In het bovenstaande citaat legt Calvijn verband tussen de komst van de Heilige Geest en het werk van Christus. In Johannes 7:39 staat: "... want de Heilige Geest was nog niet (uitgestort), overmits Jezus nog niet verheerlijkt was". Christus zegt in Zijn grote afscheidsrede tot Zijn discipelen: "Doch Ik zeg U de waarheid: Het is u nut, dat Ik wegga; want indien Ik niet wegga, zo zal de Trooster tot u niet komen; maar indien Ik heenga, zo zal Ik Hem tot u zenden" (Joh. 16:7). Nadat de zaligheid door Christus op Goede Vrijdag en Pasen tot stand is gebracht, komt de Heilige Geest om dit toe te passen in mensenharten. De Heilige Geest zal het uit Christus nemen en het de mensen verkondigen (Joh. 16:14). In Zondag 20 van de Heidelbergse Catechismus (vraag 53) staat van de Heilige Geest: "... dat Hij ook mij gegeven is, opdat Hij mij door een waar geloof Christus en al Zijn weldaden deelachtig make, mij trooste en bij mij eeuwiglijk blijve".

Door de uitstorting van de Heilige Geest wordt de kroon gezet op het werk van Christus. Nu is de laatste periode, die eindigt met de wederkomst van Christus op de wolken om te oordelen de levenden en de doden, aangebroken. Dan heeft de Heilige Geest Zijn werk volbracht.

Met Pinksteren is de Heilige Geest van woonplaats veranderd. Onder het Oude Testament werkte Hij vanuit de hemel in de harten van zondaren. Na de uitstorting op de Pinksterdag woont de Heilige Geest op aarde, in Zijn Gemeente.

 

De middelmuur des afscheidsels verbroken ...

Christus' gemeente zal een gemeente zijn uit het ganse menselijke geslacht. Het werk van de Heilige Geest blijft niet meer beperkt tot het volk Israël. De heidenen waren voor Pinksteren vervreemd van het burgerschap Israëls (Efeze 2:12). Met het Pinksterfeest is het onderscheid tussen Israël en de volken opgeheven en hebben zowel de joden als heidenen door één Heilige Geest toegang tot de Vader (Efeze 2:18). Zij die eerst vreemdelingen en bijwoners waren, worden nu medeburgers der heiligen en huisgenoten Gods (Efeze 2:19). Johannes op Patmos ziet voor de troon van het Lam een schare staan uit alle natie en geslachten en volken en talen (Openbaring 7:9).
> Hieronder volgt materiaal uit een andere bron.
/// Returns the number of a word, or `None` if the word is no number. A number outside `i128` is moved to the nearer end.
pub fn number_of_word(word: &str) -> Option<i128>
    ensures number { result ≡ spelled_number word.now }
{
    read_number(word)
}

/// Returns the kind and the call that the words ask for, or `None` if they ask for no call. The words ask for no other
/// kind and call.
pub fn call_of_words(words: &[&str]) -> Option<(Kind, Call)>
    ensures defined { IsRequest (map (λ w. w.now) words.now) result }
    ensures only { IsOnly (IsRequest (map (λ w. w.now) words.now)) result }
{
    read_words(words)
}

/// Returns the line that the words ask for, and its status. The words ask for no other line and status.
pub fn line_of_words(words: &[&str]) -> (Buffer, u8)
    ensures defined { IsLine (map (λ w. w.now) words.now) result.0 result.1 }
    ensures only { IsOnly (λ (line, status). IsLine (map (λ w. w.now) words.now) line status)
        (result.0, result.1) }
{
    line_for(words)
}

/// Prints the line that the words ask for, and returns its status. It returns 4 exactly if the sink has failed.
/// Otherwise the sink has finished, and if it shows its bytes, exactly the line was added to them.
pub fn printed_line<S: Sink>(words: &[&str], out: &mut S) -> u8
    ensures failed { (result ≡ 4) ↔ IsTrue (S.has_failed out.new) }
    ensures line { result ≢ 4 → (line : List ℕ)
        × IsLine (map (λ w. w.now) words.now) line result
        × Appends (S.contents out.old) (S.contents out.new) line }
    ensures finished { result ≢ 4 → IsTrue (S.is_finished out.new) }
{
    run(words, out)
}

/// Returns a console over the writer. It has not failed, and it is not finished.
pub fn new_console<W: Write>(out: W) -> Console<W>
    ensures writer { writer_of result ≡ out }
    ensures fresh { has_failed result ≡ false }
    ensures unfinished { is_finished result ≡ false }
{
    Console::new(out)
}

/// Puts bytes on a console, and returns how many it took, or `None` if the console has failed. If the writer shows its
/// bytes, exactly those that it took were added to them, and at `None` none was. A console that has failed stays failed. No
/// clause says when a console fails, since a writer may fail at any time.
pub fn put_on_console<W: Write>(console: &mut Console<W>, bytes: &[u8]) -> Option<usize>
    ensures bound { IfSome result (λ n. n ≤ length bytes.now) }
    ensures progress { 0 < length bytes.now → IfSome result (λ n. 0 < n) }
    ensures added { IfSome result (λ n. Appends (W.contents (writer_of console.old))
        (W.contents (writer_of console.new)) (take n bytes.now)) }
    ensures failed { IsNone result ↔ IsTrue (has_failed console.new) }
    ensures for_good { IsTrue (has_failed console.old) → IsTrue (has_failed console.new) }
    ensures kept { IsNone result
        → Keeps (W.contents (writer_of console.old)) (W.contents (writer_of console.new)) }
    ensures unfinished { is_finished console.new ≡ false }
{
    console.put(bytes)
}

/// Flushes the writer of a console, and returns `false` exactly if the console has failed. At `true` the console is
/// finished, and the bytes of its writer are what they were. No clause says when the flush fails.
pub fn finished_console<W: Write>(console: &mut Console<W>) -> bool
    ensures kept { OnTrue result
        (Keeps (W.contents (writer_of console.old)) (W.contents (writer_of console.new))) }
    ensures failed { (result ≡ false) ↔ IsTrue (has_failed console.new) }
    ensures for_good { IsTrue (has_failed console.old) → IsTrue (has_failed console.new) }
    ensures finished { is_finished console.new ≡ result }
{
    console.finish()
}

/// Returns the writer of a console.
pub fn writer_of_the_console<W: Write>(console: Console<W>) -> W
    ensures writer { result ≡ writer_of console }
{
    console.into_inner()
}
De dag waarop de Heilige Geest werd uitgestort, wordt dan ook niet voor niets het geboorte-uur van de christelijke kerk genoemd. Het Pinksterfeest is het zendingsfeest. De discipelen hadden van hun Zender de opdracht gekregen Zijn getuigen te zijn, eerst in Jeruzalem, Judéa en Samaría, maar daarna ook tot aan de einden der aarde (Hand. 1:8). Tot aan Christus' wederkomst gaat de Heilige Geest door met Zijn werk.

Volgens Zondag 21 van de Heidelbergse Catechismus is Christus bezig door Zijn Geest uit het ganse menselijke geslacht Zich een gemeente, tot het eeuwige leven uitverkoren, in enigheid des waren geloofs, van den beginne der wereld tot het einde te vergaderen, beschermen en onderhouden.

Naar Christus' komst ziet de Heilige Geest uit. Dan zal Zijn werk voleindigd zijn: "En de Geest en de Bruid zeggen: Kom! En die het hoort zegge: Kom! (Openbaring 22:17).

Dit artikel werd u aangeboden door: Jeugdbond Gereformeerde Gemeenten

Deze tekst is geautomatiseerd gemaakt en kan nog fouten bevatten. Digibron werkt voortdurend aan correctie. Klik voor het origineel door naar de pdf. Voor opmerkingen, vragen, informatie: contact.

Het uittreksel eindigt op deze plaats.